= Shaku Nihongi =

Ancient Japanese text

Shaku Nihongi (釈日本紀) is an annotated text of the Nihon Shoki compiled by Urabe Kanekata between 1274 and 1301 that is 28 volumes in length.

==Contents==

The 28 volumes are divided into seven sections:
- volume 1: a commentary introducing the material of the text
- volume 2: a list of kanji and their readings
- volume 3: a collection of items needing further explanation
- volume 4: imperial genealogy
- volumes 5-15: definitions for a selection of words and phrases
- volumes 16-22: a collection of old words and readings
- volumes 23-28: waka poetry

==Value==

Besides being an important early study of Nihon Shoki, it also includes many full citations from other historical texts, some of which are no longer extant. These include Jōgūki, Nihongi Shiki, Kogo Shūi, Tensho, Sendai Kuji Hongi, and more than thirty fudoki.

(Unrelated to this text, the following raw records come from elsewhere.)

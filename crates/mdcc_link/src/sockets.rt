//! What sockets are told and what they answer.
ghost use Rattle.std.specs.Prelude.{◌≡◌};
ghost use Rattle.std.specs.IoError.{error_kind, raw_os_error};
ghost use Rattle.mdcc_link.specs.Sockets.{IsSocketAddress, has_no_buffers, is_quiet, is_quiet_kind, is_second, received_found, served_by};

use crate::Received;
use mdcc_base::{Address, Failed};
use std::io;
use std::io::{Error, ErrorKind};
use std::net::{IpAddr, Ipv4Addr, SocketAddr, UdpSocket};
use std::os::fd::AsRawFd;

/// The address as std has it.
pub fn socket_address(address: Address) -> SocketAddr
    ensures { IsSocketAddress address result }
{
    let host = Ipv4Addr::from_octets(address.host);
    SocketAddr::new(IpAddr::V4(host), address.port)
}

// Linux's number of the error that the system has no buffers left.
const ENOBUFS: i32 = 105;

// Whether an error of this kind is no fault of a receive.
fn is_quiet_kind(kind: ErrorKind) -> bool
    ensures { result ≡ is_quiet_kind kind }
{
    matches!(
        kind,
        ErrorKind::WouldBlock
            | ErrorKind::TimedOut
            | ErrorKind::Interrupted
            | ErrorKind::ConnectionRefused
            | ErrorKind::OutOfMemory
    )
}

// Whether the number of an error says that the system has no buffers left.
fn has_no_buffers(number: Option<i32>) -> bool
    ensures { result ≡ has_no_buffers number }
{
    match number {
        Some(code) => code == ENOBUFS,
        None => false,
    }
}

// Whether a receive that ended so brought nothing, and is no fault.
fn is_quiet(error: &Error) -> bool
    ensures { result ≡ is_quiet error.now }
{
    is_quiet_kind(error.kind()) || has_no_buffers(error.raw_os_error())
}

/// The same socket under a number above those of the standard streams: where one of these is closed, a new socket takes its number, and
/// what is printed would go there.
pub fn above_streams(socket: UdpSocket) -> io::Result<UdpSocket> {
    if socket.as_raw_fd() > 2 {
        return Ok(socket);
    }
    socket.try_clone()
}

/// What was found by a receive that ended so. Else it failed.
pub fn found(ended: Result<(usize, SocketAddr), Error>) -> Option<Received>
    ensures { result ≡ received_found ended }
{
    match ended {
        Ok((count, _)) => Some(Received::Got(count)),
        Err(error) => {
            if is_quiet(&error) {
                Some(Received::Nothing)
            } else {
                None
            }
        }
    }
}

/// The endpoint at which a receive brought a datagram.
pub fn served_by(at: u8, answer: &Result<Received, Failed>) -> Option<u8>
    ensures { result ≡ served_by at answer.now }
{
    match answer {
        Ok(Received::Got(_)) => Some(at),
        _ => None,
    }
}

/// Whether this is a client's endpoint, and the receive just before was at the centre's own.
pub fn is_second(before: Option<u8>, at: u8) -> bool
    ensures { result ≡ is_second before at }
{
    match before {
        Some(own) => u16::from(at) == u16::from(own) + 16,
        None => false,
    }
}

In addition, it is a valuable resource to supplement history missing from Kojiki and Nihon Shoki. The imperial genealogies are important since the genealogies that were once part of Nihon Shoki have since been lost. For example, they clarify the genealogy for Emperor Keitai which is lacking in the existing Nihon Shoki.

The collection of definitions and readings for old words are also linguistically valuable.